Railway Minister Suresh Prabhu’s maiden Budget may not have introduced new trains but it has laid down the track to turn the monolith into a financially self-sustainable organisation.

Prime Minister Narendra Modi hailed the Budget as being people-centric — putting “speed, scale, service and safety all on one track”. The stock market, however, gave it a thumbs down.

The centrepiece of the Budget, presented on Thursday, was a five-year action plan that aims to transform the Railways into a commercially viable and customer-centric organisation. To achieve this, Prabhu set four goals, five drivers and 11 thrust areas.

The Railway Minister refrained from hiking passenger fares. But he “rationalised” — increased — freight rates for certain commodities, which could fetch additional revenue of ₹4,000 crore in the next fiscal year.

Banking on growth Prabhu seems to be betting big on the economy, budgeting a freight revenue growth of 13.55 per cent and fare growth of 16.7 per cent in his projections for 2015-16.

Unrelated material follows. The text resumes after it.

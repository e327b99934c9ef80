// Of two sheets that anyone made, the shorter.
#![tactic(auto)]

pub mod shorter;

This assumption is “ambitious” given that passenger earnings are estimated to contract in 2014-15 and that freight earnings will grow only marginally.

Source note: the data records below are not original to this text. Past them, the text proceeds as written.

// Looks through one table, and changes nothing.
ghost use Rattle.std.specs.Prelude.{◌≡◌, not, is_some, count_by, position, Some, None, slice_index_or};
ghost use Rattle.chains.specs.declared.Backing.TheVariants.{Free};
ghost use Rattle.chains.specs.Rows.{live, is_shadowing, is_owned_by};
ghost use Rattle.chains.specs.Walks.{lowest, slot_of};

use chains::{Backing, Owner};

// The place of the first row that is as wanted.
pub fn first_of<T: PartialEq>(rows: &[T], wanted: &T) -> Option<usize>
    ensures { result ≡ position (λ row. T.eq row wanted.now) rows.now }
{
    rows.iter().position(|row| row == wanted)
}

// How many rows are as wanted.
pub fn count_of<T: PartialEq>(rows: &[T], wanted: &T) -> usize
    ensures { result ≡ count_by (λ row. T.eq row wanted.now) rows.now }
{
    rows.iter().filter(|row| *row == wanted).count()
}

// The lowest record that is not in use.
pub fn unused(records: &[Option<u16>; 256]) -> Option<u8>
    ensures { result ≡ lowest 256 (λ k. not (is_some (slice_index_or records.now k None))) }
{
    first_of(records, &None).map(|record| record as u8)
}

// The lowest object row that is not in use.
pub fn free(objects: &[Backing; 511]) -> Option<u16>
    ensures { result ≡ lowest 511 (λ k. not (live (slice_index_or objects.now k Free))) }
{
    first_of(objects, &Backing::Free).map(|object| object as u16)
}

// The lowest object that is a shadow of the object.
pub fn upper(objects: &[Backing; 511], object: u16) -> Option<u16>
    ensures { result ≡ lowest 511 (λ k. is_shadowing object (slice_index_or objects.now k Free)) }
{
    first_of(objects, &Backing::Shadow(object)).map(|shadow| shadow as u16)
}

// Whether the frame is the owner's. By `first_of`, a walk took twice as long.
fn belongs(held: &Option<Owner>, owner: Owner) -> bool
    ensures { result ≡ is_owned_by owner.object owner.index held.now }
{
    held.is_some_and(|holder| holder == owner)
}

// The place of the owner's frame.
fn owned_by(frames: &[Option<Owner>], owner: Owner) -> Option<usize>
    ensures { result ≡ position (is_owned_by owner.object owner.index) frames.now }
{
    frames.iter().position(|held| belongs(held, owner))
}

// The frame that belongs to the owner.
pub fn frame_of(frames: &[Option<Owner>; 128], owner: Owner) -> Option<u8>
    ensures { result ≡ slot_of 128 (λ k. slice_index_or frames.now k None) owner.object owner.index }
{
    owned_by(frames, owner).map(|slot| slot as u8)
}

// How many rows of a table are in use. `count_of` cannot say it: these are the rows that are unlike one row, `None`. A plain loop:
// a filter that is counted took three times as long.
pub fn rows_in_use<T>(rows: &[Option<T>]) -> usize
    ensures { result ≡ count_by is_some rows.now }
{
    let mut count = 0;
    for row in rows {
        if row.is_some() {
            count += 1;
        }
    }
    count
}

Freight traffic, pegged at an all-time high of an incremental 85 million tonnes, is based on the expectation of healthier growth in the core sector.

Highlighting that the Railways would need investments of ₹8.5 lakh crore over the next five years, Prabhu has come up with some ‘out-of-the-box’ ideas to mobilise resources from the market and from multilateral bodies.

The first step towards this is a new financing approach of “institutional investments” — projected at ₹17,136 crore — to accelerate completion of capacity-augmentation projects across the rail network.

This is in addition to the ₹17,655 crore to be raised by Indian Railway Finance Corporation (Budget Estimate for 2015-16 for IRFC: ₹17,276 crore) and Rail Vikas Nigam through market borrowings.

The gross budgetary support for the Railways’ annual plan has been pegged at ₹40,000 crore.

Recognising that the Centre’s resources are stretched, Prabhu is looking at other avenues such as setting up an infrastructure fund and allowing IRFC to set up a joint venture with a non-banking finance company promoted by a public sector enterprise.

The Budget also provides for long-term debt to flow into the Railways from pension funds. Prabhu also tabled a white paper on the Railways in the Lok Sabha.

PPP focus “We will go for monetisation of assets rather than selling them,” the Railway Minister said adding that the focus would be on public private partnerships (PPP) as part of the Railways’ revamp efforts.

States will also be roped in as partners through joint ventures for focused project development.

Prabhu hopes all this will make the Railways efficient and has set an ambitious target to improve the operating ratio to 88.5 in 2015-16. Meaning, out of every ₹100 it earns, the Railways wants to cap spends on salaries, fuel, maintenance etc to ₹88.5. In 2014-15, the operating ratio was 91.5 per cent, a tad better than the 93.5 for 2013-14.

Opposition parties were not impressed by the Budget, saying Prabhu’s speech had more rhetoric and less content, and that he had failed to come up with any new suggestions to generate revenue.

In a reflection of the challenging task before him, the Minister remarked: “ Hey Prabhu, ye kaise hoga (Oh God, how can this be done?),” while spelling out his long-term vision. Aiming to dispel any doubt, Prabhu completed his remarks by saying that large resources and strong political will would ensure “rebirth of the railways”, evoking peals of laughter.

India Inc happy India Inc, on the other hand, termed the Budget an innovative, comprehensive plan for modernisation of infrastructure and improving customer experience. Industry bodies CII, FICCI and Assocham welcomed the proposals.